▶ **Work instruction**
Within the records below is a range that opens at the line with "range does not fit 128 bits." and closes at the line with "is a refusal.". Return that range word for word, both ends included, and only that range.

▶ **Records supplied**
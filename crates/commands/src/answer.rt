// The answers to commands.
ghost use Rattle.std.specs.Prelude.{◌≡◌, List, ℕ};
ghost use Rattle.commands.specs.Lines.{is_refusal};

use crate::price_lines::PriceLines;
use crate::save_file::SaveFile;
use cell_refs::Cell;
use certificate_texts::Cert;
use form_needs::FormRefusal;
use frac128::Frac;
use model_lines::ModelLines;
use sheet_model::Value;
use solver_names::NamesFault;

/// A step of the path to a node of a search: the cell whose bound it sets, whether the part is the upper one, and the bound.
#[derive(Clone, Copy, Debug, PartialEq, Eq)]
pub struct PathStep {
    pub cell: Cell,
    pub upper: bool,
    pub bound: i128,
}

/// What a command answers.
#[derive(Drop)]
pub enum Answer {
    Done,
    Shown(Value),
    /// The linear model of a sheet.
    Model(ModelLines),
    /// The best value of the objective, where the sheet has one.
    Optimal(Option<Frac>),
    Infeasible,
    /// There is no best value.
    Unbounded,
    /// The best value, and the prices of the rows.
    Prices(PriceLines),
    /// What a search finds, with the tree, or the point and the direction, that proves it.
    Cert(Cert),
    /// A search is opened.
    Begun,
    /// A search goes further, and has spent so many units in all.
    More(u64),
    /// A search is closed.
    Stopped,
    /// The files that have changed, in the order in which they are written.
    ToSave(Vec<SaveFile>),
    UnknownCommand,
    BadAddress,
    UnknownSheet,
    OutOfSheet,
    BadNumber,
    BadName,
    FieldTooLong,
    TooManyCells,
    TooManyFormulas,
    TooManyNames,
    /// A number in the calculation of this cell does not fit 128 bits.
    WideCell(Cell),
    /// The sheet has no open search.
    NoSearch,
    /// As many other sheets as may have an open search.
    TooManySearches,
    /// The first fault in the names of the sheet.
    Names(NamesFault),
    /// The first reason, after its names, why the sheet has no linear model.
    Form(FormRefusal),
    /// The difference of the sides of this row, from 1, does not fit 128 bits.
    WideRow(u16),
    /// Prices are asked for, and there is no objective, or it is to reach a value.
    NoObjective,
    /// Prices are asked for, and this decision cell, the first such one, is to be whole.
    NotContinuous(Cell),
    /// A number of a pivot does not fit 128 bits: the path to the node, its basic variables, and the variables that leave
    /// and enter.
    WidePivot(Vec<PathStep>, Vec<u16>, u16, u16),
    /// So many units were not enough.
    Budget(u64),
    /// A number on the way to the price of this row, from 1, or to an end of its range does not fit 128 bits.
    WideRange(u16),
    /// The leaves of the tree and the rows of their programs are so many in all, above 100,000: no certificate is made.
    CertLimit(u64),
    /// There is no room for the text of this cell.
    NoRoom(Cell),
}

impl Answer {
    /// Whether it is a refusal.
    #[tactic(auto, using(crate::proofs::Saying::not_refused, crate::proofs::Saying::prices_not_refused, crate::proofs::Certificates::not_refused))]
    pub fn is_refusal(&self) -> bool
        ensures { (sheets : List (List ℕ)) → result ≡ is_refusal sheets self.now }
    {
        match self {
            Answer::Done | Answer::Shown(_) | Answer::Model(_) => false,
            Answer::Optimal(_) | Answer::Infeasible | Answer::Unbounded => false,
            Answer::Prices(_) | Answer::Cert(_) => false,
            Answer::Begun | Answer::More(_) | Answer::Stopped => false,
            Answer::ToSave(_) => false,
            _ => true,
        }
    }
}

▶ **Answer to the problem**
    /// A number on the way to the price of this row, from 1, or to an end of its range does not fit 128 bits.
    WideRange(u16),
    /// The leaves of the tree and the rows of their programs are so many in all, above 100,000: no certificate is made.
    CertLimit(u64),
    /// There is no room for the text of this cell.
    NoRoom(Cell),
}

impl Answer {
    /// Whether it is a refusal.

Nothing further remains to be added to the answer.